Calculate the change in entropy (in J/K) when 86.4 g of water is heated from 17.5 ºC to 76.5 ºC at 1 atm. (The specific heat is 4.184 J/(g-K).)
To calculate the change in entropy, we need to use the formula:
ΔS = q/T
where ΔS is the change in entropy, q is the heat transferred, and T is the temperature in Kelvin.
First, let's calculate the heat transferred (q) using the formula:
q = m * C * ΔT
where m is the mass of the substance, C is the specific heat capacity, and ΔT is the change in temperature.
Given information:
- Mass of water (m) = 86.4 g
- Specific heat of water (C) = 4.184 J/(g-K)
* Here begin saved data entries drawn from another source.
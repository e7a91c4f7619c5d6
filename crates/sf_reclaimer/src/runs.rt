//! Runs of blocks leave the seat that has them.
ghost use Rattle.std.specs.Prelude.{◌≡◌};
ghost use Rattle.sf_types.specs.Space.BlockRuns.{blocks_in, blocks_in_run};
ghost use Rattle.sf_space_words.specs.Blocks.{Covers, without_blocks};
ghost use Rattle.sf_space_words.specs.Seats.{IsOf};

use crate::mask::mask_from;
use sf_space_words::{Seat, WORD_BLOCKS, Words};
use sf_types::{Run, Runs};

/// Clears the blocks of some runs, which the seat has, none of them named twice. The seat then has them no longer, and has
/// all its others. It waits for nobody and takes no memory: each word of a run is cleared by one step.
pub fn release(words: &Words, seat: &mut Seat, runs: &Runs)
    requires words { IsOf words.now seat.old }
    requires blocks { Covers seat.old.blocks (blocks_in runs.now.held) }
    ensures { seat.new ≡ record seat.old { blocks = without_blocks (blocks_in runs.now.held) seat.old.blocks } }
{
    seat.is_sound();
    for run in runs.as_slice() {
        release_run(words, seat, *run);
    }
}

/// Clears the blocks of one run, which the seat has, as `release` does.
pub fn release_run(words: &Words, seat: &mut Seat, run: Run)
    requires words { IsOf words.now seat.old }
    requires blocks { Covers seat.old.blocks (blocks_in_run run) }
    ensures { seat.new ≡ record seat.old { blocks = without_blocks (blocks_in_run run) seat.old.blocks } }
{
    seat.is_sound();
    let _ = words.count();
    let mut done = 0;
    while done < run.blocks {
        let block = run.first + done;
        let offset = block % WORD_BLOCKS;
        let count = (run.blocks - done).min(WORD_BLOCKS - offset);
        words.release(seat, block / WORD_BLOCKS, mask_from(offset, count));
        done += count;
    }
}
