//! The words of calls.
ghost use Rattle.std.specs.Prelude.{◌≡◌};
ghost use Rattle.sf_script_calls.specs.CallTable.{fragment_form, writing_form, reading_form, form_behind};
ghost use Rattle.sf_script_calls.specs.Inside.CallsOfWords.{form_of_first};

use crate::words::is_word;

// ROW
#[derive(Clone, Copy)]
pub enum RowWord {
    Insert,
    Delete,
}

// LOC ROW
#[derive(Clone, Copy)]
pub enum LocatorRowWord {
    Lock,
    Select,
}

// LOC
#[derive(Clone, Copy)]
pub enum LocatorWord {
    Free,
    Length,
    Savepoint,
}

// LOC LOC
#[derive(Clone, Copy)]
pub enum TwoLocatorsWord {
    Assign,
    Append,
}

// LOC NUMBER NUMBER
#[derive(Clone, Copy)]
pub enum TwoNumbersWord {
    Read,
    Erase,
    FragDelete,
}

// LOC LOC NUMBER NUMBER NUMBER
#[derive(Clone, Copy)]
pub enum TwoPartsWord {
    Compare,
    Copy,
}

// LOC NUMBER PAYLOAD
#[derive(Clone, Copy)]
pub enum PayloadWord {
    Instr,
    Write,
    FragInsert,
}

// The first word of a call, by the shape of what stands behind it.
#[derive(Clone, Copy)]
pub enum CallWord {
    Row(RowWord),
    LocatorRow(LocatorRowWord),
    AsOf,
    Locator(LocatorWord),
    TwoLocators(TwoLocatorsWord),
    Trim,
    TwoNumbers(TwoNumbersWord),
    FragMove,
    TwoParts(TwoPartsWord),
    WriteAppend,
    Payload(PayloadWord),
    FragReplace,
    SetOptions,
    RollbackTo,
}

// The call of the last table.
#[tactic(auto, unfolding(crate::specs::CallTable::fragment_form))]
fn fragment_word(word: &[u8]) -> Option<CallWord>
    ensures { fragment_form word.now ≡ form_of_first result }
{
    if is_word(b"fraginsert", word) {
        return Some(CallWord::Payload(PayloadWord::FragInsert));
    }
    if is_word(b"fragdelete", word) {
        return Some(CallWord::TwoNumbers(TwoNumbersWord::FragDelete));
    }
    if is_word(b"fragmove", word) {
        return Some(CallWord::FragMove);
    }
    if is_word(b"fragreplace", word) {
        return Some(CallWord::FragReplace);
    }
    None
}

// The call of the last two tables.
#[tactic(auto, unfolding(crate::specs::CallTable::writing_form))]
fn writing_word(word: &[u8]) -> Option<CallWord>
    ensures { writing_form word.now ≡ form_of_first result }
{
    if is_word(b"write", word) {
        return Some(CallWord::Payload(PayloadWord::Write));
    }
    if is_word(b"writeappend", word) {
        return Some(CallWord::WriteAppend);
    }
    if is_word(b"append", word) {
        return Some(CallWord::TwoLocators(TwoLocatorsWord::Append));
    }
    if is_word(b"copy", word) {
        return Some(CallWord::TwoParts(TwoPartsWord::Copy));
    }
    if is_word(b"erase", word) {
        return Some(CallWord::TwoNumbers(TwoNumbersWord::Erase));
    }
    if is_word(b"trim", word) {
        return Some(CallWord::Trim);
    }
    fragment_word(word)
}

// The call of the last three tables.
#[tactic(auto, unfolding(crate::specs::CallTable::reading_form))]
fn reading_word(word: &[u8]) -> Option<CallWord>
    ensures { reading_form word.now ≡ form_of_first result }
{
    if is_word(b"assign", word) {
        return Some(CallWord::TwoLocators(TwoLocatorsWord::Assign));
    }
    if is_word(b"free", word) {
        return Some(CallWord::Locator(LocatorWord::Free));
    }
    if is_word(b"length", word) {
        return Some(CallWord::Locator(LocatorWord::Length));
    }
    if is_word(b"read", word) {
        return Some(CallWord::TwoNumbers(TwoNumbersWord::Read));
    }
    if is_word(b"instr", word) {
        return Some(CallWord::Payload(PayloadWord::Instr));
    }
    if is_word(b"compare", word) {
        return Some(CallWord::TwoParts(TwoPartsWord::Compare));
    }
    writing_word(word)
}

// The call of a first word. None where it is no call's.
#[tactic(auto, unfolding(crate::specs::CallTable::form_behind))]
pub fn call_word(word: &[u8]) -> Option<CallWord>
    ensures { form_behind word.now ≡ form_of_first result }
{
    if is_word(b"insert", word) {
        return Some(CallWord::Row(RowWord::Insert));
    }
    if is_word(b"delete", word) {
        return Some(CallWord::Row(RowWord::Delete));
    }
    if is_word(b"lock", word) {
        return Some(CallWord::LocatorRow(LocatorRowWord::Lock));
    }
    if is_word(b"select", word) {
        return Some(CallWord::LocatorRow(LocatorRowWord::Select));
    }
    if is_word(b"asof", word) {
        return Some(CallWord::AsOf);
    }
    if is_word(b"setoptions", word) {
        return Some(CallWord::SetOptions);
    }
    if is_word(b"savepoint", word) {
        return Some(CallWord::Locator(LocatorWord::Savepoint));
    }
    if is_word(b"rollback", word) {
        return Some(CallWord::RollbackTo);
    }
    reading_word(word)
}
- Initial temperature (T1) = 17.5 ºC
- Final temperature (T2) = 76.5 ºC
First, we need to convert the temperatures to Kelvin by adding 273.15:
T1 = 17.5 ºC + 273.15 = 290.65 K
T2 = 76.5 ºC + 273.15 = 349.65 K
Next, we calculate the change in temperature:
ΔT = T2 - T1 = 349.65 K - 290.65 K = 59 K
Then, we calculate the heat transferred:
q = 86.4 g * 4.184 J/(g-K) * 59 K = 22,499.8784 J
Now we can calculate the change in entropy:
ΔS = q / T
Since the heat transferred (q) is in J and the temperatures (T) are in Kelvin, we can substitute these values into the formula:
ΔS = 22,499.8784 J / 349.65 K ≈ 64.286 J/K
Therefore, the change in entropy is approximately 64.286 J/K when 86.4 g of water is heated from 17.5 ºC to 76.5 ºC at 1 atm.